> REQUIREMENT
Reproduce the line that contains "result (λ o." and every line after it through the end of the records, exactly, with nothing added.
━━━ ENTRIES SUPPLIED ━━━
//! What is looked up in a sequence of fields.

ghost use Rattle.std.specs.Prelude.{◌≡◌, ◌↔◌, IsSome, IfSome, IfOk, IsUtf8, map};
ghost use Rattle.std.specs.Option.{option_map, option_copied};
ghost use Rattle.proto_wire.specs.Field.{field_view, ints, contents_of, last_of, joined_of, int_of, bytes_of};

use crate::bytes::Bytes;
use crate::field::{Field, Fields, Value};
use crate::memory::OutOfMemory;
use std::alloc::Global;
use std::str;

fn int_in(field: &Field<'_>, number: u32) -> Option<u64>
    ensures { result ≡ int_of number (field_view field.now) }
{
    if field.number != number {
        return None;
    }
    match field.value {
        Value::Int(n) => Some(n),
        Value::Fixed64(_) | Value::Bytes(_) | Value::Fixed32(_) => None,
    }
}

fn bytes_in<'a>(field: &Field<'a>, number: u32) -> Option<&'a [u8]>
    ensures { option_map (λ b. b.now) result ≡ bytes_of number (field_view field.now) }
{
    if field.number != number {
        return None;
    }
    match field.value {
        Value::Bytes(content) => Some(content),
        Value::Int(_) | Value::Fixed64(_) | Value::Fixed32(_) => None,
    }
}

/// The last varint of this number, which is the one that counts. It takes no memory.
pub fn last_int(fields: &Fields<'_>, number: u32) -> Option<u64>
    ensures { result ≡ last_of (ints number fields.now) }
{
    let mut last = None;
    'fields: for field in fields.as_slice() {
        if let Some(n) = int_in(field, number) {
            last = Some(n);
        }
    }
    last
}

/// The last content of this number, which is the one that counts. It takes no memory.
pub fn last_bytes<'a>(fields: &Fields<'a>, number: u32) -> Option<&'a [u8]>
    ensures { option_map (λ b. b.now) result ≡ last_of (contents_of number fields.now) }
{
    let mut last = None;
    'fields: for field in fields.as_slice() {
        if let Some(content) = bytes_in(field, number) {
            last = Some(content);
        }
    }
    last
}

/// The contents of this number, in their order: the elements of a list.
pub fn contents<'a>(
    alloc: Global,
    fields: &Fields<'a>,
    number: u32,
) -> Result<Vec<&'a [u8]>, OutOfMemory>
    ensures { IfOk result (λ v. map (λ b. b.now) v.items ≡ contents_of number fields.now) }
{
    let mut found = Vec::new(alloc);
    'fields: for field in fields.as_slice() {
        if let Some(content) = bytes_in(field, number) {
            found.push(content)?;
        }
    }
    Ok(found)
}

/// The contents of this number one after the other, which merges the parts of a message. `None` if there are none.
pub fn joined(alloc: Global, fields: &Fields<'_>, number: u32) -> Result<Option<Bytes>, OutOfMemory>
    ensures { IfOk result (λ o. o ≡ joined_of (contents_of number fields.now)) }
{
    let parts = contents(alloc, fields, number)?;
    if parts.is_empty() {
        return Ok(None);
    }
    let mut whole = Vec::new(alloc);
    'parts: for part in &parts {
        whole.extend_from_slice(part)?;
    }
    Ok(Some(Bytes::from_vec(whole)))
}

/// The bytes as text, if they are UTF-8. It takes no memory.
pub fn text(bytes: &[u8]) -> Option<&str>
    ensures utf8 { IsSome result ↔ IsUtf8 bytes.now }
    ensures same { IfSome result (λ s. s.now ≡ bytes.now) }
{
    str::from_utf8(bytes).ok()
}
━━━
> EXERCISE RESULT
    ensures { IfOk result (λ o. o ≡ joined_of (contents_of number fields.now)) }
{
    let parts = contents(alloc, fields, number)?;
    if parts.is_empty() {
        return Ok(None);
    }
    let mut whole = Vec::new(alloc);
    'parts: for part in &parts {
        whole.extend_from_slice(part)?;
    }
    Ok(Some(Bytes::from_vec(whole)))
}

/// The bytes as text, if they are UTF-8. It takes no memory.
pub fn text(bytes: &[u8]) -> Option<&str>
    ensures utf8 { IsSome result ↔ IsUtf8 bytes.now }
    ensures same { IfSome result (λ s. s.now ≡ bytes.now) }
{
    str::from_utf8(bytes).ok()
}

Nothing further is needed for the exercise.